There is currently limited information on the factors influencing the outcome of rabies vaccination in dogs based on the primary immunization schedule. The objective of this study was to investigate whether selected variables (signalment, number of vaccinations, vaccine brand and multivalence, and time interval between the most recent vaccination and blood sampling) were associated with the achievement of an acceptable titer threshold (based on international standards) and with absolute antibody titers in young dogs vaccinated with commercially available vaccines. Serologic data from 662 dogs tested prior to their first annual booster for rabies were retrospectively reviewed. Neutralizing antibody titers were determined using a fluorescent antibody neutralization test. An acceptable titer threshold (≥0.5IU/ml) was achieved in 86.5% of the dogs.

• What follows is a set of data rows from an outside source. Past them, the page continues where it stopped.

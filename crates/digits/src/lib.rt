// Numbers that stand in a book as digits, compared as the whole numbers they are, however long.
// Inner: for the readers of table lines.
#![tactic(auto)]

ghost use Rattle.std.specs.Prelude.{◌≡◌, ◌≤◌, ltb};
ghost use Rattle.digits.specs.Exact.{exact_at};
ghost use Rattle.digits.specs.Compare.{digit_at, order_with, ends_below};

// How one number stands to another, by the digits that were read of both.
#[derive(Clone, Copy)]
pub enum Order {
    Less,
    Equal,
    Greater,
}

// The digit at i, 10 where there is none.
#[tactic(auto, using(text::proofs::Bytes::here, text::proofs::Bytes::past), unfolding(crate::specs::Compare::digit_at, text::specs::Field::class_of, range::specs::Range::within))]
fn digit_at(s: &[u8], i: usize) -> usize
    ensures { result ≡ digit_at s.now i }
{
    match s.get(i) {
        Some(b @ b'0'..=b'9') => (*b - b'0') as usize,
        _ => 10,
    }
}

// With one digit more of each number: the first that differs decides.
fn order_with(o: Order, x: usize, y: usize) -> Order
    ensures { result ≡ order_with o x y }
{
    match o {
        Order::Equal if x < y => Order::Less,
        Order::Equal if y < x => Order::Greater,
        _ => o,
    }
}

// Whether a number that has ended is below one that goes on with y, or has ended too where y is no digit.
#[tactic(auto, unfolding(crate::specs::Compare::ends_below))]
fn ends_below(o: Order, y: usize) -> bool
    ensures { result ≡ ends_below o y }
{
    y < 10 || matches!(o, Order::Less)
}

// Whether the number at a is below the number at b, where neither begins with 0: the one with more digits is larger,
// else the first digit that differs decides.
pub fn is_below(s: &[u8], a: usize, b: usize) -> bool
    requires { (1 ≤ digit_at s.now a) × (1 ≤ digit_at s.now b) }
    ensures { result ≡ ltb (exact_at s.now a) (exact_at s.now b) }
{
    // Stays a counted loop: two cursors move together, and where the first number ends, the next digit of the other decides.
    let mut i = a;
    let mut j = b;
    let mut o = Order::Equal;
    loop {
        let x = digit_at(s, i);
        let y = digit_at(s, j);
        if 9 < x {
            return ends_below(o, y);
        }
        if 9 < y {
            return false;
        }
        o = order_with(o, x, y);
        i += 1;
        j += 1;
    }
}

Dogs that had been vaccinated twice had significantly (P<0.001) higher antibody titers compared with dogs vaccinated once. The odds of achieving seropositivity and the median absolute antibody titer tended to decrease with increasing time between vaccination and blood sampling. Dogs vaccinated with monovalent vaccines were more likely to achieve an acceptable titer than dogs vaccinated with polyvalent vaccines. Dogs that were vaccinated after 3–6 months of age were more likely to develop higher antibody titers. These results indicate that the administration of two vaccines rather than one vaccine in the primary immunization schedule for rabies, result in a superior vaccination response and may be a more beneficial policy for ensuring pre-exposure prophylaxis and for travel certification of young dogs.